> [What is being asked]:
Write out exactly the lines of the entries below from the one holding "let other = &labels[b];" to the one holding "for i in 0..labels.len()", inclusive, and leave out all other lines.

Saved data entries
Start of Block

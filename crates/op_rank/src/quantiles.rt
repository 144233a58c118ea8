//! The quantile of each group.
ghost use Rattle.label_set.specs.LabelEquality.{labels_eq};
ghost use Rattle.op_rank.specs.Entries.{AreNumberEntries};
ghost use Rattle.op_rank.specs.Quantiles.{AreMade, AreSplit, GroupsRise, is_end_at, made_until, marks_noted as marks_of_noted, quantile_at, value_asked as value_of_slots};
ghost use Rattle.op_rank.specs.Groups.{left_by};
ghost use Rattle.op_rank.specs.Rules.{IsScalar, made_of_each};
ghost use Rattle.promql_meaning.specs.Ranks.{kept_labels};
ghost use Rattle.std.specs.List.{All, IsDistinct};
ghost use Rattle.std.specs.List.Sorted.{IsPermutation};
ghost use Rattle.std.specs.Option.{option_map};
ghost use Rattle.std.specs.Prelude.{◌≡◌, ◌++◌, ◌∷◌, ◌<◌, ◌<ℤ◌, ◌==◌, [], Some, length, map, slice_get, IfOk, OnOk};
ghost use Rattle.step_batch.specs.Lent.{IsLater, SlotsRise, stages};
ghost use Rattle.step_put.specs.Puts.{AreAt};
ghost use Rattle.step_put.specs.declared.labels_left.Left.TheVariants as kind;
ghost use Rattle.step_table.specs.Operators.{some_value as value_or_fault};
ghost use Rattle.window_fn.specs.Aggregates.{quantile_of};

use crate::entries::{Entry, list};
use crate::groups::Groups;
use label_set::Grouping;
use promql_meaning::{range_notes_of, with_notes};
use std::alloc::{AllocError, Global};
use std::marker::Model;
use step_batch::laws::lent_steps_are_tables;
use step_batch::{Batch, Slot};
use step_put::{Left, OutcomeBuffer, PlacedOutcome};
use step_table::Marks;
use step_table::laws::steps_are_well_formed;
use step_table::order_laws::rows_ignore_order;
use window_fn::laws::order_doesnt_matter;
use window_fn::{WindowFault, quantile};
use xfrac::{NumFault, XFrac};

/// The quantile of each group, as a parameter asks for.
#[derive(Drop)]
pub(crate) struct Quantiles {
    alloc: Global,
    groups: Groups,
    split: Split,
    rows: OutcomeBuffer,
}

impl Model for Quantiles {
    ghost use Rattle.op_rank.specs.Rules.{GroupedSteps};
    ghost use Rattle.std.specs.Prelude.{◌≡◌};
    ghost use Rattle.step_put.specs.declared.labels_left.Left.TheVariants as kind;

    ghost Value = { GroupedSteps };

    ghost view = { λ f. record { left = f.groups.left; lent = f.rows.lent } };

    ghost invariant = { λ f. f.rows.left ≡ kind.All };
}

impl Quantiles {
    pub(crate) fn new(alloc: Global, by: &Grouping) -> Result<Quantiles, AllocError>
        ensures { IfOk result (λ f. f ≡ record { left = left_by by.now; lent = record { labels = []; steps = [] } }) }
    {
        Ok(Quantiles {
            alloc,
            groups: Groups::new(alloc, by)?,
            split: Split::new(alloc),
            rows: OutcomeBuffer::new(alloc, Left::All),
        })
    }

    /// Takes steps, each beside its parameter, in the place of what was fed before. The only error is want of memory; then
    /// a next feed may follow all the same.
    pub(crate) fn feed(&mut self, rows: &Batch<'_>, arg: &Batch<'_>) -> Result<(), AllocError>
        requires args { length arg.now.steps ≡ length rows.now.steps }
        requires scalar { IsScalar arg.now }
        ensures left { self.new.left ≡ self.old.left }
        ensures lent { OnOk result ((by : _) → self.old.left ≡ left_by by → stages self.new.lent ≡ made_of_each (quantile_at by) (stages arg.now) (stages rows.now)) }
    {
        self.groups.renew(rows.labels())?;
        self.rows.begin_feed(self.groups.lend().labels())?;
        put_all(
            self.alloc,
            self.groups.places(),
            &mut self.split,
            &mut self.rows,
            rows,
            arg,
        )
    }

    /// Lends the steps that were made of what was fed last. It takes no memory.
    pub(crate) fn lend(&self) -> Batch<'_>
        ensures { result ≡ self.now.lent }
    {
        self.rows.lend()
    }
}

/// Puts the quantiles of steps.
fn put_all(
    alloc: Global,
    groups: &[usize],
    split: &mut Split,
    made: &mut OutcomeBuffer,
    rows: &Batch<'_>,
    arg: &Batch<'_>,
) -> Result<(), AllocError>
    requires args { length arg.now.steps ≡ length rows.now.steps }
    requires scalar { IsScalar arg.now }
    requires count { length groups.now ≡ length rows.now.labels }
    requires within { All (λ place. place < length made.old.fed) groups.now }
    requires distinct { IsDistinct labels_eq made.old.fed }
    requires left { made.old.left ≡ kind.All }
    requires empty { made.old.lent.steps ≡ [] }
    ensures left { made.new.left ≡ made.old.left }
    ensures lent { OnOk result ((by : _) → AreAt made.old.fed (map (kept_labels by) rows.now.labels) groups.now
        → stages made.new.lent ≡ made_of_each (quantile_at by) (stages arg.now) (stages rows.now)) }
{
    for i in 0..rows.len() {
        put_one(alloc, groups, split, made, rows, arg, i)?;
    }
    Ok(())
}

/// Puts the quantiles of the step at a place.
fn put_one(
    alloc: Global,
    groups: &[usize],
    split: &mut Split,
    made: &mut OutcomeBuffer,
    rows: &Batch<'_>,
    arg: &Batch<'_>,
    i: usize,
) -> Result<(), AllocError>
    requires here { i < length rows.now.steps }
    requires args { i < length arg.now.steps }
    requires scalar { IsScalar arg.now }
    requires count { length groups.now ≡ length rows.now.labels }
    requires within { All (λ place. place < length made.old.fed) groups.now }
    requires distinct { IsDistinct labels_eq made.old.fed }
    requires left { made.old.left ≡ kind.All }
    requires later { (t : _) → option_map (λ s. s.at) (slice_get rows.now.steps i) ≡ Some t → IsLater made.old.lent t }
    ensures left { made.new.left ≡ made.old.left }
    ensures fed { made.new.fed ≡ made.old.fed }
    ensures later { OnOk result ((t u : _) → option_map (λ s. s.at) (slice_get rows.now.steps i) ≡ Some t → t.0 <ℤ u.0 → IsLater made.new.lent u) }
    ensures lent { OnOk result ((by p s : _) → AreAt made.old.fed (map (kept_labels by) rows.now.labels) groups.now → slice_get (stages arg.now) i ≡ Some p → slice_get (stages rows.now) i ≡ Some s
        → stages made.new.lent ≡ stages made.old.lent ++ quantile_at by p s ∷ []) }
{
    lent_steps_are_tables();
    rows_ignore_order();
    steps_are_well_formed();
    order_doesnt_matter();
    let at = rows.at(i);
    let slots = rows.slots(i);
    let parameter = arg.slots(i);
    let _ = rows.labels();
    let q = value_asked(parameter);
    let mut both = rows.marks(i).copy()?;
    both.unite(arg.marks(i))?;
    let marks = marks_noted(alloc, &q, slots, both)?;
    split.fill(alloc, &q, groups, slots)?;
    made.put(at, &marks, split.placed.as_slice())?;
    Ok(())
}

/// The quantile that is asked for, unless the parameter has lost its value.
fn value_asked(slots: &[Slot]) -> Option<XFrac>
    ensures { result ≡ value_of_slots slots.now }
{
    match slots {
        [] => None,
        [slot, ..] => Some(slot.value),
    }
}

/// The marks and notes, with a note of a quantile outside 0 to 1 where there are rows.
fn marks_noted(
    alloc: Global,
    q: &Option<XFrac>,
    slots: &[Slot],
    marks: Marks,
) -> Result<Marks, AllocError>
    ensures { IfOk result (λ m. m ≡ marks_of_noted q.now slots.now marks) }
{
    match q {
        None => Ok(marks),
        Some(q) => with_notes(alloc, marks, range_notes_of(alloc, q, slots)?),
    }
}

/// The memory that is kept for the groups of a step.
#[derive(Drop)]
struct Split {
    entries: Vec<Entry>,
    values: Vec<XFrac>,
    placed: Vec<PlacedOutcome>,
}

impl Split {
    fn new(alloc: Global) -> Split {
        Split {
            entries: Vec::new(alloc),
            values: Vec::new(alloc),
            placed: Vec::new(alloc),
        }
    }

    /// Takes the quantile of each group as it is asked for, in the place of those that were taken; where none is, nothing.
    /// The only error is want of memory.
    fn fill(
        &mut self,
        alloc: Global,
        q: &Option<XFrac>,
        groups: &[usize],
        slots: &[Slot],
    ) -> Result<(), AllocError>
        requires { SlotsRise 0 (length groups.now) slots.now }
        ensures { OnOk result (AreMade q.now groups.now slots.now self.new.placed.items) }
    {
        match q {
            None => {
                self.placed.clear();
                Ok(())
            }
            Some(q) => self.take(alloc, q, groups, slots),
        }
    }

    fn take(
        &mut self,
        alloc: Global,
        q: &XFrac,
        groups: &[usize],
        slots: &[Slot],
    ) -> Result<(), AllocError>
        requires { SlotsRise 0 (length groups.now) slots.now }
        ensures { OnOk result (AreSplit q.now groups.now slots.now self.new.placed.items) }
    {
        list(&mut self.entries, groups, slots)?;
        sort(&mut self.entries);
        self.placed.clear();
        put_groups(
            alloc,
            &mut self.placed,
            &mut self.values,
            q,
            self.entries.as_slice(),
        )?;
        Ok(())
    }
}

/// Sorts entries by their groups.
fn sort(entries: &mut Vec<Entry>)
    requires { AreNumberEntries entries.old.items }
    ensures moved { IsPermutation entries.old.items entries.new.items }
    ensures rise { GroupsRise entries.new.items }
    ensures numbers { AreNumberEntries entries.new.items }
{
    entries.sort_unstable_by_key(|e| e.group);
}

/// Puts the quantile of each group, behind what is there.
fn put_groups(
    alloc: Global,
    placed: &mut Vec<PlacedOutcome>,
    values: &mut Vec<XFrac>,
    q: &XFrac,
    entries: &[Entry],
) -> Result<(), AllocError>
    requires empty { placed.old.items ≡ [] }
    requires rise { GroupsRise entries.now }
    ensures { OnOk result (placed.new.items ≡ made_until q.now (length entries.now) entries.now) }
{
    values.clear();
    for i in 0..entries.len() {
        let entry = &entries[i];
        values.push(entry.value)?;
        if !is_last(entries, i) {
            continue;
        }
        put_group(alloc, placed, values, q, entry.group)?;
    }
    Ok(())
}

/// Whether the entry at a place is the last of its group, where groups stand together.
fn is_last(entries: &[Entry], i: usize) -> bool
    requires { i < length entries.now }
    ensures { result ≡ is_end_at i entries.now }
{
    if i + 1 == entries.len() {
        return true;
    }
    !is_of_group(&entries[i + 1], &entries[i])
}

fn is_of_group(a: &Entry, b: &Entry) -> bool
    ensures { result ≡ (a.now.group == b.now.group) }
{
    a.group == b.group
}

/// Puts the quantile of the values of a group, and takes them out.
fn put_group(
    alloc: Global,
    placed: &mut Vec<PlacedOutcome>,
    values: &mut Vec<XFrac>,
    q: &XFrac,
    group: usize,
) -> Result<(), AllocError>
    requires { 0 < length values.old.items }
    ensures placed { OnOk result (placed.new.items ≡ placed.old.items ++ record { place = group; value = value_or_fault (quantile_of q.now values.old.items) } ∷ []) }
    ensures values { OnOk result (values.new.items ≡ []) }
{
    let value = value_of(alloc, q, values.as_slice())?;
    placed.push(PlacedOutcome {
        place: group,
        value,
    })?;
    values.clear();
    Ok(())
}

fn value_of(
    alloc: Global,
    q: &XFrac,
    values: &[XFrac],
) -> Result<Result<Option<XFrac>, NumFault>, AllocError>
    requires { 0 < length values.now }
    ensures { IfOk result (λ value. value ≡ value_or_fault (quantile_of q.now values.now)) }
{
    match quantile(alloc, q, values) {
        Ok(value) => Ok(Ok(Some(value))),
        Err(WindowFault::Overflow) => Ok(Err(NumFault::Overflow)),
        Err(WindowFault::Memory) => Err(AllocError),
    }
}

End of Block
Start of Block

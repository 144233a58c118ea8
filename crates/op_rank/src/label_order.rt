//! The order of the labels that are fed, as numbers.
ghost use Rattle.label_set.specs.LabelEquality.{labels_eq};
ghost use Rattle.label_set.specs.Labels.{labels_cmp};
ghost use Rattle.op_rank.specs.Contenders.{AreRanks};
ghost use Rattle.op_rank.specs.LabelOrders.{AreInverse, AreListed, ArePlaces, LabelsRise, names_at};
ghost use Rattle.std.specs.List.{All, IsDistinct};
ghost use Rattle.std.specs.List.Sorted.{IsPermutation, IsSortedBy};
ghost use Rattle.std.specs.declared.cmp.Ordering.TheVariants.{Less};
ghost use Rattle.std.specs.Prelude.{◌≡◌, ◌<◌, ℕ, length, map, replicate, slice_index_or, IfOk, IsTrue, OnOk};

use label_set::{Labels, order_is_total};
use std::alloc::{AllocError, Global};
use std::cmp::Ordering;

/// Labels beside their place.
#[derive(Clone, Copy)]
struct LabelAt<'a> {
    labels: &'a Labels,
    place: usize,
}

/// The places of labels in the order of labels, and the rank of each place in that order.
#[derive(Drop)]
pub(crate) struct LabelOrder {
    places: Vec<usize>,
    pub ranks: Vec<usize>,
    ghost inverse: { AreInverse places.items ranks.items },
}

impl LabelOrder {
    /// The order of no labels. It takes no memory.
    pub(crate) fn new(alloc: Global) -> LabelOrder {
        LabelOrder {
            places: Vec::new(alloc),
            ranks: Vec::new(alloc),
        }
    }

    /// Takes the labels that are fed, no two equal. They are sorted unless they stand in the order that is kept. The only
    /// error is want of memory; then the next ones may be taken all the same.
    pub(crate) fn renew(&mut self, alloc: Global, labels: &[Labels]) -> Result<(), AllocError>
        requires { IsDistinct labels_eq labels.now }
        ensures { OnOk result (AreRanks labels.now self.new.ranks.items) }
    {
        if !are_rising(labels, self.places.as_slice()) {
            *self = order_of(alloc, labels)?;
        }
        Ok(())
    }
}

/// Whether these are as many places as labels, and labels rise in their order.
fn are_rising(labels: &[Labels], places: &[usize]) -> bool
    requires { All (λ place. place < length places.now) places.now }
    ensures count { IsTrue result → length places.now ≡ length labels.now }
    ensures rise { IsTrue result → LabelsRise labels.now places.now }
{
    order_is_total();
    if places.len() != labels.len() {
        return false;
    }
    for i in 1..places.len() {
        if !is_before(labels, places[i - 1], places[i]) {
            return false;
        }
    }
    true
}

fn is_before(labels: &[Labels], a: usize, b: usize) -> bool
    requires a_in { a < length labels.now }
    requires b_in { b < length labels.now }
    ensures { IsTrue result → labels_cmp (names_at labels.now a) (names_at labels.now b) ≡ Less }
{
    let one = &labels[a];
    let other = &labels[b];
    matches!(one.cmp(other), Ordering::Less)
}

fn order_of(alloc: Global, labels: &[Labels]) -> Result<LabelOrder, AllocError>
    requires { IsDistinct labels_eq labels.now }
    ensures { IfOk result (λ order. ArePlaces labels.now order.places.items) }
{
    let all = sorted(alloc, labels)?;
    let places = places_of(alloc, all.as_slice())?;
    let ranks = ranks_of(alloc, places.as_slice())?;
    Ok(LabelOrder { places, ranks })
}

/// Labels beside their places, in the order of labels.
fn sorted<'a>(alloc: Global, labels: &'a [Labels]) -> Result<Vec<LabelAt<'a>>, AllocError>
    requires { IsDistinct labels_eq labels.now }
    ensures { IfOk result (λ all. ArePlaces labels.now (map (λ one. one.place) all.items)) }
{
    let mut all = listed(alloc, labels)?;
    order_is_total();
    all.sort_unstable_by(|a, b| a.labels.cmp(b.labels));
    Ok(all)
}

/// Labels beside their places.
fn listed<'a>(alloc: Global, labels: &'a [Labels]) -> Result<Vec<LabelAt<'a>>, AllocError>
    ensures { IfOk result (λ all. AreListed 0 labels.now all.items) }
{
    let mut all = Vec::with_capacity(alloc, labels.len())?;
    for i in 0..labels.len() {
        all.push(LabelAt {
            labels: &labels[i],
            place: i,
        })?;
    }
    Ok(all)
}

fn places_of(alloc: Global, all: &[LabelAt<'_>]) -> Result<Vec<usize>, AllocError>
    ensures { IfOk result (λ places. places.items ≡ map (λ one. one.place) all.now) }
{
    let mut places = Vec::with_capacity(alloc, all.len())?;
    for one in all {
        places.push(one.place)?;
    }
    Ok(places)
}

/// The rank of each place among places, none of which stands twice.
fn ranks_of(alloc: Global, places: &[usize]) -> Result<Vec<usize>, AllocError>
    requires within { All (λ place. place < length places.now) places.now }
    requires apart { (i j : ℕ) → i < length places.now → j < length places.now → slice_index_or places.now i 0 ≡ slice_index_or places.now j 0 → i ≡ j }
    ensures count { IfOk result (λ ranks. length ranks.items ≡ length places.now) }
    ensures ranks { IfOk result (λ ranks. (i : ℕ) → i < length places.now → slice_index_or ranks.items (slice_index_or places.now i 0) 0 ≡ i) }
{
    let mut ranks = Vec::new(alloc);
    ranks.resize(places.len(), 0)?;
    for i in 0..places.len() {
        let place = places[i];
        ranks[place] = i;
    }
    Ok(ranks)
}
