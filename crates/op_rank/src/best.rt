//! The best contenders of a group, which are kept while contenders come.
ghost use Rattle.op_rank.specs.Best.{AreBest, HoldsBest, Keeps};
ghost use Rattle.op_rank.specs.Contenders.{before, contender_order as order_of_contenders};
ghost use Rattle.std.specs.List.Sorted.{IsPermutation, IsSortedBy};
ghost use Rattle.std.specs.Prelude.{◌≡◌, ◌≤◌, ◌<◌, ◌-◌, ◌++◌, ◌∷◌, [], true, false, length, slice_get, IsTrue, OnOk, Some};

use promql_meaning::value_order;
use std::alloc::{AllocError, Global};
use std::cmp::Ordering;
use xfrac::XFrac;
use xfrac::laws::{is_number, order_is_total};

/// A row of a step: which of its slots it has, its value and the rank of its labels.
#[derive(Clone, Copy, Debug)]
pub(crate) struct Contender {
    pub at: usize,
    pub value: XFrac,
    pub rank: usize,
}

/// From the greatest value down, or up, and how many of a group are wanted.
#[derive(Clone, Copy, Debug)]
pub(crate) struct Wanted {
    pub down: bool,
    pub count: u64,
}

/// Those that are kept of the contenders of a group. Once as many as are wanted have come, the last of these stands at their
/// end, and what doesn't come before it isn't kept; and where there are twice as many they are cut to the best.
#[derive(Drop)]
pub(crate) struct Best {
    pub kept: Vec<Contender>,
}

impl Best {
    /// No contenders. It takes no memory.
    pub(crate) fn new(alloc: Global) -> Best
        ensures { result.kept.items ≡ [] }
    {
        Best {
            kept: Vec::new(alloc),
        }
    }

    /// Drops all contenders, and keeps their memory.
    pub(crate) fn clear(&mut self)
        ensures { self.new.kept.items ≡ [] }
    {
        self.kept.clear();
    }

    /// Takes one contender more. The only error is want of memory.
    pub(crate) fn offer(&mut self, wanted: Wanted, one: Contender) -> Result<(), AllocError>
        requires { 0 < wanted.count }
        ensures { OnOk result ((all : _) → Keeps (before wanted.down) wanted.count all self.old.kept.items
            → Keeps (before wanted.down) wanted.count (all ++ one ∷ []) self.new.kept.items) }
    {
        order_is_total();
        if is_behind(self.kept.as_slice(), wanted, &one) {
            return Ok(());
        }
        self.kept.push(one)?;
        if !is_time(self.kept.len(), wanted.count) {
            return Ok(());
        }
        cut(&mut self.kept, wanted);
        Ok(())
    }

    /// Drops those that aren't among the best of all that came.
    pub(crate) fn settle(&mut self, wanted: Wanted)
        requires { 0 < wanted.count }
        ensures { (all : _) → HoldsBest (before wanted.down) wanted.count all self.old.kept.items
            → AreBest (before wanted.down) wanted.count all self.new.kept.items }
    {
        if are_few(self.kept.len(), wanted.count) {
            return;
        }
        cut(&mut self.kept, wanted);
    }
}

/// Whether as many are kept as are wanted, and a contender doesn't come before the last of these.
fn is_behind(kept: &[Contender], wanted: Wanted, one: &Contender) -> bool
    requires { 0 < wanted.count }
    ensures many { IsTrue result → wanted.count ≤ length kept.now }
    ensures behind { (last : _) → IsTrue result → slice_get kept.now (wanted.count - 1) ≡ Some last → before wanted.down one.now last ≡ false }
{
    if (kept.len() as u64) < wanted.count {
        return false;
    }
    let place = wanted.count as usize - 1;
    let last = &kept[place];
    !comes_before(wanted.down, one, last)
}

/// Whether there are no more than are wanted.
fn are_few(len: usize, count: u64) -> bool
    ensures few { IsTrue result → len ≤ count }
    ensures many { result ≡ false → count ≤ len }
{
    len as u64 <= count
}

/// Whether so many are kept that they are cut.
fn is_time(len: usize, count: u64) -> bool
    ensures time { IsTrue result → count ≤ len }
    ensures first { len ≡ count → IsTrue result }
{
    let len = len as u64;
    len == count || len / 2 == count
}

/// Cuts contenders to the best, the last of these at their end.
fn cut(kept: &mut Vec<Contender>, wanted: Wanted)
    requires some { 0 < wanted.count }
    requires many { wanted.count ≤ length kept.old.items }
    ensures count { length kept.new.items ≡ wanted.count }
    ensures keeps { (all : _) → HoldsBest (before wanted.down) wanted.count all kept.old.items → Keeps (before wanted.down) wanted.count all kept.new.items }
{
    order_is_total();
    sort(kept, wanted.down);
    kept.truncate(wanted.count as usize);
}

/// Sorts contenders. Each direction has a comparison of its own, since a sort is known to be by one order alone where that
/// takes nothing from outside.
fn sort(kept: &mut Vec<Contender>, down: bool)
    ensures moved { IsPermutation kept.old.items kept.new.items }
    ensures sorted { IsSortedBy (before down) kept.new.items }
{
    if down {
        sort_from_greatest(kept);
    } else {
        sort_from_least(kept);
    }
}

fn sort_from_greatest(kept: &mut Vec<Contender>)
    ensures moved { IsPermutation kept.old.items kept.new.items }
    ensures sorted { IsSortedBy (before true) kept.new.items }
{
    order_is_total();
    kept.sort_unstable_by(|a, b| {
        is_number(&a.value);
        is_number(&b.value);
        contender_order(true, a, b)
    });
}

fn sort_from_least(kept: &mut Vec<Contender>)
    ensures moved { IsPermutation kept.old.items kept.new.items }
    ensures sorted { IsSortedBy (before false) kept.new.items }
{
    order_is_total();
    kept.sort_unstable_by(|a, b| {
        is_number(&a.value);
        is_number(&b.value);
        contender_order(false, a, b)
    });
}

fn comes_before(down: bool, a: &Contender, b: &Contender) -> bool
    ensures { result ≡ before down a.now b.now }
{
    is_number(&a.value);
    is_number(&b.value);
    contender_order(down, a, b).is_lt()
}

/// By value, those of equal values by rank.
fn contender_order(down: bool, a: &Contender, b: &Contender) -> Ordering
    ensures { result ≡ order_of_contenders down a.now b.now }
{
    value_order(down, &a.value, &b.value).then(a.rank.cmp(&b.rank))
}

End of Block

> [Answer space]:
    let other = &labels[b];
    matches!(one.cmp(other), Ordering::Less)
}

fn order_of(alloc: Global, labels: &[Labels]) -> Result<LabelOrder, AllocError>
    requires { IsDistinct labels_eq labels.now }
    ensures { IfOk result (λ order. ArePlaces labels.now order.places.items) }
{
    let all = sorted(alloc, labels)?;
    let places = places_of(alloc, all.as_slice())?;
    let ranks = ranks_of(alloc, places.as_slice())?;
    Ok(LabelOrder { places, ranks })
}

/// Labels beside their places, in the order of labels.
fn sorted<'a>(alloc: Global, labels: &'a [Labels]) -> Result<Vec<LabelAt<'a>>, AllocError>
    requires { IsDistinct labels_eq labels.now }
    ensures { IfOk result (λ all. ArePlaces labels.now (map (λ one. one.place) all.items)) }
{
    let mut all = listed(alloc, labels)?;
    order_is_total();
    all.sort_unstable_by(|a, b| a.labels.cmp(b.labels));
    Ok(all)
}

/// Labels beside their places.
fn listed<'a>(alloc: Global, labels: &'a [Labels]) -> Result<Vec<LabelAt<'a>>, AllocError>
    ensures { IfOk result (λ all. AreListed 0 labels.now all.items) }
{
    let mut all = Vec::with_capacity(alloc, labels.len())?;
    for i in 0..labels.len() {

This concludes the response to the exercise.